-- Task item --
What lines below contain the string "Ranges"? List them all.

--- Extracted information Enclosed Below ---

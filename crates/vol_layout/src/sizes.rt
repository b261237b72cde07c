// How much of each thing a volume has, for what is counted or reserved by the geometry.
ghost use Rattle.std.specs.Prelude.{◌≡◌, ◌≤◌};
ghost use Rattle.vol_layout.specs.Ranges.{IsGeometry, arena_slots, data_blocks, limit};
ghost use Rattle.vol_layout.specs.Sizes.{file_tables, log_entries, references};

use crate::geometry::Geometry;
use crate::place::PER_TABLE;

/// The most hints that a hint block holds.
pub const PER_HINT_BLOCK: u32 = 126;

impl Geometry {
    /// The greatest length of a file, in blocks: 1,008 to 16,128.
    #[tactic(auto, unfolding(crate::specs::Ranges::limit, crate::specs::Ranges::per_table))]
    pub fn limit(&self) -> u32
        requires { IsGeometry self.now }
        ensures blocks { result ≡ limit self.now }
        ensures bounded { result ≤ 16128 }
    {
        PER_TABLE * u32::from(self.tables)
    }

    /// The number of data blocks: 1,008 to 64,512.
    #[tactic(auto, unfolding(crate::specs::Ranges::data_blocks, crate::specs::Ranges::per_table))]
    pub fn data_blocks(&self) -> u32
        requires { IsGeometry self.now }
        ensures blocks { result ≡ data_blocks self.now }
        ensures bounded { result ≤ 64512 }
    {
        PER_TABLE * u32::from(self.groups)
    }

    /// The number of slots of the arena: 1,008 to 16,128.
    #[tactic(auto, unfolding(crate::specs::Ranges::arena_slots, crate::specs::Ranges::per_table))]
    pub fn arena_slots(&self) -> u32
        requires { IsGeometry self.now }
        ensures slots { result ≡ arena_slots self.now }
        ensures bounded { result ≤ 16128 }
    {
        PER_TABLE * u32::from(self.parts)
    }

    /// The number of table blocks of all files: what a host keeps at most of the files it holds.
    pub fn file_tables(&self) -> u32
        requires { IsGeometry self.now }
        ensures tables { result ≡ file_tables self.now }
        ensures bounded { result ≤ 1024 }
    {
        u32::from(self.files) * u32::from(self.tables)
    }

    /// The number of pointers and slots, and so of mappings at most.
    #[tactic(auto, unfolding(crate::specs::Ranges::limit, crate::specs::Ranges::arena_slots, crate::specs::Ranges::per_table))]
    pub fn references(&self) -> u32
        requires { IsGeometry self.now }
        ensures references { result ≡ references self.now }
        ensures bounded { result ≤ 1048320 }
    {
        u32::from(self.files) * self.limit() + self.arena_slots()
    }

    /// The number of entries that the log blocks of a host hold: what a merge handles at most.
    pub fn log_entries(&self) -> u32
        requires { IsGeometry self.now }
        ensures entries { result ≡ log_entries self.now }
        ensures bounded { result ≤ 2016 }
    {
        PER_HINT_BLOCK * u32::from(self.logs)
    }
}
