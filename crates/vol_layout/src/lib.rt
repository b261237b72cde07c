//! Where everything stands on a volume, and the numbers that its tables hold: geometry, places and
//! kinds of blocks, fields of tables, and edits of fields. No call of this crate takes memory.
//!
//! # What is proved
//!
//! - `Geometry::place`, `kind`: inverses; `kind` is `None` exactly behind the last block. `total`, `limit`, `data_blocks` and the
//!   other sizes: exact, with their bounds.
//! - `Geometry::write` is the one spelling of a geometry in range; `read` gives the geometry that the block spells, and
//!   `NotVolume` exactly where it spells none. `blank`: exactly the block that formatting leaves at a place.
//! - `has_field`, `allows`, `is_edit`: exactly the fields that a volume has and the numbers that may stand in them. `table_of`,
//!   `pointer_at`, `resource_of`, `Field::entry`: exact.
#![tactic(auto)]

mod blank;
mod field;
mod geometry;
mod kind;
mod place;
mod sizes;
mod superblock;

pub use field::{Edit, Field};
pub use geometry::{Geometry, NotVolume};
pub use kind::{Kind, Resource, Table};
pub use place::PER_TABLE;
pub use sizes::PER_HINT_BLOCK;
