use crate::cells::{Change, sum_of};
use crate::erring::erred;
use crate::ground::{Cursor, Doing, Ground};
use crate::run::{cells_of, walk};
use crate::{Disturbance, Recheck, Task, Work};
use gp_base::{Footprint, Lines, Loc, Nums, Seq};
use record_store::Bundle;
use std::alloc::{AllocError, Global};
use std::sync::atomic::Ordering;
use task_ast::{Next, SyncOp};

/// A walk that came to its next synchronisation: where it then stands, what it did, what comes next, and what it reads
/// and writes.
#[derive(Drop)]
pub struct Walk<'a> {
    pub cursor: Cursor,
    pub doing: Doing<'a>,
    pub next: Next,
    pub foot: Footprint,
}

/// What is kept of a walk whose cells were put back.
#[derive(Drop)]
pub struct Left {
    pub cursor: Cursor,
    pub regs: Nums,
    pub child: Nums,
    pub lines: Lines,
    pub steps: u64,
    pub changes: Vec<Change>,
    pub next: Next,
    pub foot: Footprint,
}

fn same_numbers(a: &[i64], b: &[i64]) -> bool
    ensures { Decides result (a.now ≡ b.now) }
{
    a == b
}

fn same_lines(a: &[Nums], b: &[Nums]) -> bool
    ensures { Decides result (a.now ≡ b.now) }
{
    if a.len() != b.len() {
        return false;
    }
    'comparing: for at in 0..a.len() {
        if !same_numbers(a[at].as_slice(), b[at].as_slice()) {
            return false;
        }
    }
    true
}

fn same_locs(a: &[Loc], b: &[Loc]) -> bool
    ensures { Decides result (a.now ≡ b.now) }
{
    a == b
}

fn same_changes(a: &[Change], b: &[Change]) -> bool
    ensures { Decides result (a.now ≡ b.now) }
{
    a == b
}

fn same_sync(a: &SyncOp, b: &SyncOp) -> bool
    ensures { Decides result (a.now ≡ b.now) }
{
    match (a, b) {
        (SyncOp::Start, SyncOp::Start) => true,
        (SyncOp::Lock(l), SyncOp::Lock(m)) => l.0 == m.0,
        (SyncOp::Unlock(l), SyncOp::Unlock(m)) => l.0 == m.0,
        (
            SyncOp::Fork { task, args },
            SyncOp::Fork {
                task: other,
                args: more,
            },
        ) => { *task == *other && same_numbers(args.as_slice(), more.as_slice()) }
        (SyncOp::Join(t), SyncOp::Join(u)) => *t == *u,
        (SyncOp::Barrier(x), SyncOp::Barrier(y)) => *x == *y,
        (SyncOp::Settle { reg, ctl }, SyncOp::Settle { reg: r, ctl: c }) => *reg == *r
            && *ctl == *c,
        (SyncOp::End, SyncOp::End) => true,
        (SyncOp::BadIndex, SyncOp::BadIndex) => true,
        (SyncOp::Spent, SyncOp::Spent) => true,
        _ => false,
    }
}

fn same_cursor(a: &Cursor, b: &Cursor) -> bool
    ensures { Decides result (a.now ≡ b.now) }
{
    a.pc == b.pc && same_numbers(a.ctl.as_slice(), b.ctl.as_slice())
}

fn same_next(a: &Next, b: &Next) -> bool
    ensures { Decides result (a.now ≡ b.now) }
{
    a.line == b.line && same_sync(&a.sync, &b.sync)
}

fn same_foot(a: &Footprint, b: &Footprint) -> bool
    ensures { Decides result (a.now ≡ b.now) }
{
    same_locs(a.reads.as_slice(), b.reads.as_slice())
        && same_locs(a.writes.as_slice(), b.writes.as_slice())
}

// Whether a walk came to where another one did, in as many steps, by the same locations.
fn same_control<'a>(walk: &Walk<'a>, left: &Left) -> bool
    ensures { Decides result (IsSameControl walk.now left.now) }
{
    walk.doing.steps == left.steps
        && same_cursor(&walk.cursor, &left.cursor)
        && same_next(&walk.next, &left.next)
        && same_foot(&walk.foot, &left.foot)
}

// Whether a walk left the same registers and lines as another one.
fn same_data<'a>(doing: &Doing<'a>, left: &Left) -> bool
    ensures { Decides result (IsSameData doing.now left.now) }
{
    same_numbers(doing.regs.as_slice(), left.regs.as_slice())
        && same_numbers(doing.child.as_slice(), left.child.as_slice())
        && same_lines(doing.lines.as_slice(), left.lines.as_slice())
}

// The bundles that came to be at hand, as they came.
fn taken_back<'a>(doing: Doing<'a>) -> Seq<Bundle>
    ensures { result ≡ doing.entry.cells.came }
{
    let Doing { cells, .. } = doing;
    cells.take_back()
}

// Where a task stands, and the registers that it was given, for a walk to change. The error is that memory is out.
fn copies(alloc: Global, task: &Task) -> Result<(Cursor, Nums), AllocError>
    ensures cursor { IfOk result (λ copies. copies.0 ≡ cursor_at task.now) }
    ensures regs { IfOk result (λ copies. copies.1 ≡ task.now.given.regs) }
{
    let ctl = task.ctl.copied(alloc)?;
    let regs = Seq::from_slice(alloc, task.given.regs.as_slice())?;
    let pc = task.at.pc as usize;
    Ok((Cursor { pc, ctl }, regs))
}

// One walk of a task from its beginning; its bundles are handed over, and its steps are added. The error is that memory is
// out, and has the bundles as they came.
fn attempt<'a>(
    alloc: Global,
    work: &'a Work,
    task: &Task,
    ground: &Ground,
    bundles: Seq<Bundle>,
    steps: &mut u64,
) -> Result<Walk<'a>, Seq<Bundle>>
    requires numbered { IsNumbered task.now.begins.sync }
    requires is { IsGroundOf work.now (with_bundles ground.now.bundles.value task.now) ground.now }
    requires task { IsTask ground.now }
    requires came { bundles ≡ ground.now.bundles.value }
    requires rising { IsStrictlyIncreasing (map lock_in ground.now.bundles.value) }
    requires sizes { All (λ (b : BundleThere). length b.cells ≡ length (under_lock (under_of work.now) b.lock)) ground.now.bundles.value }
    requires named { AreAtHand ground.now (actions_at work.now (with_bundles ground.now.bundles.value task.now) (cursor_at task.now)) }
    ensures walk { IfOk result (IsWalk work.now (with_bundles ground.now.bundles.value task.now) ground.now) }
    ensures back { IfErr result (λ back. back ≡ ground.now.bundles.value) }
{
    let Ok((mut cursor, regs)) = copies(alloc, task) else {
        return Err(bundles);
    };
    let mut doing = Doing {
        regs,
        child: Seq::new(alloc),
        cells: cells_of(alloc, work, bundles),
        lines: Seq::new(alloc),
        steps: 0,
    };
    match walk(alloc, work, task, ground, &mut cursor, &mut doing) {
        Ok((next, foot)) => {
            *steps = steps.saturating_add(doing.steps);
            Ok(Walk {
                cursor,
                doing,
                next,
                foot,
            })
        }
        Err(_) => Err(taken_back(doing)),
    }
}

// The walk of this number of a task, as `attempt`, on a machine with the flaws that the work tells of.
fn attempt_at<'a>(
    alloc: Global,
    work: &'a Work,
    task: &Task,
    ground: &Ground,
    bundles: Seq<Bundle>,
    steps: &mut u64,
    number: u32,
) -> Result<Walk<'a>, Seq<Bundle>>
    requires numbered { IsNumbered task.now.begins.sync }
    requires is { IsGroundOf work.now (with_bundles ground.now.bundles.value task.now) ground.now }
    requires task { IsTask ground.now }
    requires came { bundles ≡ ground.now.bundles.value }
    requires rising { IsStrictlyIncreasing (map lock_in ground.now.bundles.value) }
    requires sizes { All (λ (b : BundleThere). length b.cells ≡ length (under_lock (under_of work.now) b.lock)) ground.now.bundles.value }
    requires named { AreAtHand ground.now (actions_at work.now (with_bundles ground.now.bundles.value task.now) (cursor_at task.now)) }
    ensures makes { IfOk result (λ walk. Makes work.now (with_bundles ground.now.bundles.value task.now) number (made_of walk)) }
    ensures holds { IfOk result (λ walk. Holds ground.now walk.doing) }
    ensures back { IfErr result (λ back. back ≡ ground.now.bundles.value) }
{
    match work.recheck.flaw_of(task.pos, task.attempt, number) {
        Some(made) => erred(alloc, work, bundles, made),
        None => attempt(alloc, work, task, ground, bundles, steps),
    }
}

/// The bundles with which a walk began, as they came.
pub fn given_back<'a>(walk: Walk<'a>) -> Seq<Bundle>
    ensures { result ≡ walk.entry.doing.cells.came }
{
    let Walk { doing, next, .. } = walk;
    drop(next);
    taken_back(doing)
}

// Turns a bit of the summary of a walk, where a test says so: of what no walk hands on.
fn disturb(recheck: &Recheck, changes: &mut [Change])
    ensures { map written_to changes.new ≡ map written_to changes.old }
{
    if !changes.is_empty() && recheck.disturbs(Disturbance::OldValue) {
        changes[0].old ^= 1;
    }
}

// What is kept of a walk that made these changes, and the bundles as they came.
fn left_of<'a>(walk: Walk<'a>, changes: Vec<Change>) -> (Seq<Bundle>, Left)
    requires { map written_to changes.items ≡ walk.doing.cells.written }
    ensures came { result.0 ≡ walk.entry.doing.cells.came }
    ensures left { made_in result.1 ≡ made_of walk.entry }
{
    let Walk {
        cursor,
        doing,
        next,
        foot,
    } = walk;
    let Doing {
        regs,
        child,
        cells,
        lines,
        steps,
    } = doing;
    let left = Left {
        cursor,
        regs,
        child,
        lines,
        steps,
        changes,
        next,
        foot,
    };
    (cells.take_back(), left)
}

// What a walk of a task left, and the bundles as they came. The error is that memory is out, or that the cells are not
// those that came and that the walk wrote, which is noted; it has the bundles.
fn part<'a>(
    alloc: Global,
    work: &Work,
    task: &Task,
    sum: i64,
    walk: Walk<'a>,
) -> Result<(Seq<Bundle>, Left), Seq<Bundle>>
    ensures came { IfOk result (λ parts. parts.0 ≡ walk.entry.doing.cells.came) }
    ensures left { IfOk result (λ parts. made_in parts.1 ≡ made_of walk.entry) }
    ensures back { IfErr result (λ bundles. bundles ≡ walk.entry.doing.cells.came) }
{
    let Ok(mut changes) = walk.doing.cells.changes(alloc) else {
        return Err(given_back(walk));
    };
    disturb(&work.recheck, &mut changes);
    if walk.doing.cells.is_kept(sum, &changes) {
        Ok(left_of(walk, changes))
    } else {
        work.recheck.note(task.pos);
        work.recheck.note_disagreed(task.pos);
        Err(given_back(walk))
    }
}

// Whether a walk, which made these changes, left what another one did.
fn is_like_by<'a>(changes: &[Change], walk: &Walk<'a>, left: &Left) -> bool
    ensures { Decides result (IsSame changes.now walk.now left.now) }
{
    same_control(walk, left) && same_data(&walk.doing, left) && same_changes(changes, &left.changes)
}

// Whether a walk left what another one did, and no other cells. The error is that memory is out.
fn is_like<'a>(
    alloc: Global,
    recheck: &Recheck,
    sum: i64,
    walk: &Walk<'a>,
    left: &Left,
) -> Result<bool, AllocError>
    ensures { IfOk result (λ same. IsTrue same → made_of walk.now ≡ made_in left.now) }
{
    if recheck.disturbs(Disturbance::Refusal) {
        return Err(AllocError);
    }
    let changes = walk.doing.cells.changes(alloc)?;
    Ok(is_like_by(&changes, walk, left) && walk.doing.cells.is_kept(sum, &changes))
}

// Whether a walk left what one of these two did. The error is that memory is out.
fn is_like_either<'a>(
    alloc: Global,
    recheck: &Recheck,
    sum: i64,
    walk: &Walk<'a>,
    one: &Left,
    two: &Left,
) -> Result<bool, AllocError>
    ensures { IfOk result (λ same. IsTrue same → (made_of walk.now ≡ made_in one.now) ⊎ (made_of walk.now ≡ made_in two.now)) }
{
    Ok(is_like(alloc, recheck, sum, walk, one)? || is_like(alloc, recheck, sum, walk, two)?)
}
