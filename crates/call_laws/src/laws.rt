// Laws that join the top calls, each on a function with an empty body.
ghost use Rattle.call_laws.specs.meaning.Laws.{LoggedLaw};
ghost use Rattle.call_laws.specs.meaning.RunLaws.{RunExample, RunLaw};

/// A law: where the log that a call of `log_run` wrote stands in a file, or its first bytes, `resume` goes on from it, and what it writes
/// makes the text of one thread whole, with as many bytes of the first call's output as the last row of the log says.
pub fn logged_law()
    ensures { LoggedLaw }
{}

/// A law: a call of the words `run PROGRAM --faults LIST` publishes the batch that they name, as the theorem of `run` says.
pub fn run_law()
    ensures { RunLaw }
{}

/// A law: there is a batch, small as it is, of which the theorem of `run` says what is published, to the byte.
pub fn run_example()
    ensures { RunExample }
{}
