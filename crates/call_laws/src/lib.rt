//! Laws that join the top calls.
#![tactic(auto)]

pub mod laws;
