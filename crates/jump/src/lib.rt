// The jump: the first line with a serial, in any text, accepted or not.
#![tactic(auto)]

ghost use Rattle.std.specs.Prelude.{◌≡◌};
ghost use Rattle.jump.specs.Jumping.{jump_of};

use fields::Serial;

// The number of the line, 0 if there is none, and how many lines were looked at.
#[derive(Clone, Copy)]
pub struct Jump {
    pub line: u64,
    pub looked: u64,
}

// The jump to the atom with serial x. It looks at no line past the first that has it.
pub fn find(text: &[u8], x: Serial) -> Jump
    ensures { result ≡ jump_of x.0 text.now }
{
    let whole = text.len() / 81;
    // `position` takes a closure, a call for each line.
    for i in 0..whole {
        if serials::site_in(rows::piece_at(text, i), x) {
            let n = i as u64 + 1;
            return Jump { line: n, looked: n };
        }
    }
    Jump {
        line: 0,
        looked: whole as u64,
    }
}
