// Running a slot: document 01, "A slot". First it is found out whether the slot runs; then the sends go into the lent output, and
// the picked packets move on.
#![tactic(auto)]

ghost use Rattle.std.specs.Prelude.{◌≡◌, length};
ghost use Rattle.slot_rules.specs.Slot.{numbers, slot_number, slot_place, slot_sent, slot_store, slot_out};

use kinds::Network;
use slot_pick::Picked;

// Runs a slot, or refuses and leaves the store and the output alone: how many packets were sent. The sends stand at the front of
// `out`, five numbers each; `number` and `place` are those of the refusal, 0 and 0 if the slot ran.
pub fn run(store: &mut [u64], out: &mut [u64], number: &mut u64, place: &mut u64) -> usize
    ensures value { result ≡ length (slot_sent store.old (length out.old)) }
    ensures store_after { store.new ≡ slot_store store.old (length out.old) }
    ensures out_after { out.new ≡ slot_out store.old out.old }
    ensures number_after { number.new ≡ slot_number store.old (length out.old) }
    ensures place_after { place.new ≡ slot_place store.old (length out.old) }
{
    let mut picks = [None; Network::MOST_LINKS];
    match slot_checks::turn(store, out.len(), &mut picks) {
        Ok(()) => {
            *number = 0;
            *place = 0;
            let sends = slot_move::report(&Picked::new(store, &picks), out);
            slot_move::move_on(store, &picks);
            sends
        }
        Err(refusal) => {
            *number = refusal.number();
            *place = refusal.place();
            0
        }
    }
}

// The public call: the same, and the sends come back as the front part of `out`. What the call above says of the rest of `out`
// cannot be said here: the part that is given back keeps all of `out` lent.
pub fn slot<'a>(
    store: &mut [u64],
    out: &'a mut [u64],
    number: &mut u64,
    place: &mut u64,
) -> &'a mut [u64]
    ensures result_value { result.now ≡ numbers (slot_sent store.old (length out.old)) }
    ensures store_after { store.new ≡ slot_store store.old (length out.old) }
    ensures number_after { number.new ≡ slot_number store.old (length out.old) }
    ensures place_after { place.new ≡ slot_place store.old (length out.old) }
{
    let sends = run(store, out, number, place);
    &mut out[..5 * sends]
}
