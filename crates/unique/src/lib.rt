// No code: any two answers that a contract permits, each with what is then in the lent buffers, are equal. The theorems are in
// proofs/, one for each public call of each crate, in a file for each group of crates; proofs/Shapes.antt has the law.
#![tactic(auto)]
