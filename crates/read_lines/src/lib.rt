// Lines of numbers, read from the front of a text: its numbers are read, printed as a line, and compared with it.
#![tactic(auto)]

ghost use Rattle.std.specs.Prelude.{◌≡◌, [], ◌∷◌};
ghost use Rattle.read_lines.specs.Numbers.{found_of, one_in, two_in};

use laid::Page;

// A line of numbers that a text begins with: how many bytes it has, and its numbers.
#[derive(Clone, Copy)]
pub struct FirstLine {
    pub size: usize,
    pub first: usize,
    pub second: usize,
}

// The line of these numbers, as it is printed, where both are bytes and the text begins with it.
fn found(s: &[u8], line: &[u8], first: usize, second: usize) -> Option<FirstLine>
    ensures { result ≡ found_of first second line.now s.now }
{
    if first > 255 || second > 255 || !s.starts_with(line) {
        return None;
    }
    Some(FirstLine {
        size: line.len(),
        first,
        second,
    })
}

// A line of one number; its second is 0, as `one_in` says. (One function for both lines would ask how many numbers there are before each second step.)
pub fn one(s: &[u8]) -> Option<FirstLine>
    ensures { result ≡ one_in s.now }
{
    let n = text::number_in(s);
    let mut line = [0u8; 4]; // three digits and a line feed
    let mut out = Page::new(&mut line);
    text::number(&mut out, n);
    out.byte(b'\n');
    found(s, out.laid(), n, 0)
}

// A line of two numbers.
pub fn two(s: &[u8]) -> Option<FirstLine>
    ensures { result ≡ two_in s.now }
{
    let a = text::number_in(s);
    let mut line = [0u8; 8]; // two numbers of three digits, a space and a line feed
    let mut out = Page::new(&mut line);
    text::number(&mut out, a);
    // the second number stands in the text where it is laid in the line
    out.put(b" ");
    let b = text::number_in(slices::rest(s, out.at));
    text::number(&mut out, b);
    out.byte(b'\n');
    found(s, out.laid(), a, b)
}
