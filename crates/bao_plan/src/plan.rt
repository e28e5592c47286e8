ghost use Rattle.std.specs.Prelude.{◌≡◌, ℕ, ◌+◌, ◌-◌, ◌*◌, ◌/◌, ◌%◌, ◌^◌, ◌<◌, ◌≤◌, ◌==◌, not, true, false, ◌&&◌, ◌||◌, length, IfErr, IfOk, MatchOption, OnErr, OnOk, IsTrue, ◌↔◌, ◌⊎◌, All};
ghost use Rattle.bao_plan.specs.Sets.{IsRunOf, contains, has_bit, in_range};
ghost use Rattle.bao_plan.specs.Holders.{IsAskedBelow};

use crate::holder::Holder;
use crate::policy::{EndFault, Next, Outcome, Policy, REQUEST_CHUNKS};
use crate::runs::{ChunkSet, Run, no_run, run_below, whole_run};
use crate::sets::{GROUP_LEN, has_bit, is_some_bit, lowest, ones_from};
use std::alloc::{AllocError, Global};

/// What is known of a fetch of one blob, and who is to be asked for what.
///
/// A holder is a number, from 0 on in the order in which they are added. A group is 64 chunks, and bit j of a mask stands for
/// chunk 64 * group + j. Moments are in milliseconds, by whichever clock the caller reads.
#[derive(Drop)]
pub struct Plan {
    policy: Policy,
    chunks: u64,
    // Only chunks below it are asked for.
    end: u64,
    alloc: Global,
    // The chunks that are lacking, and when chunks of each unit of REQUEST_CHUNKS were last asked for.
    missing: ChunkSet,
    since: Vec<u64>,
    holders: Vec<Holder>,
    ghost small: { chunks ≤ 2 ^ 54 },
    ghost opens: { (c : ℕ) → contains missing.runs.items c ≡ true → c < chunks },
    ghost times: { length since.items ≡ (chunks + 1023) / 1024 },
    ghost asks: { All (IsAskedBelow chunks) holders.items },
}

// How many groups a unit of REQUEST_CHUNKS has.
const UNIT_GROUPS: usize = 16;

--- End of Enclosed Extracted information ---

-- Task solution --
ghost use Rattle.vol_layout.specs.Ranges.{IsGeometry, arena_slots, data_blocks, limit};
    #[tactic(auto, unfolding(crate::specs::Ranges::limit, crate::specs::Ranges::per_table))]
    #[tactic(auto, unfolding(crate::specs::Ranges::data_blocks, crate::specs::Ranges::per_table))]
    #[tactic(auto, unfolding(crate::specs::Ranges::arena_slots, crate::specs::Ranges::per_table))]
    #[tactic(auto, unfolding(crate::specs::Ranges::limit, crate::specs::Ranges::arena_slots, crate::specs::Ranges::per_table))]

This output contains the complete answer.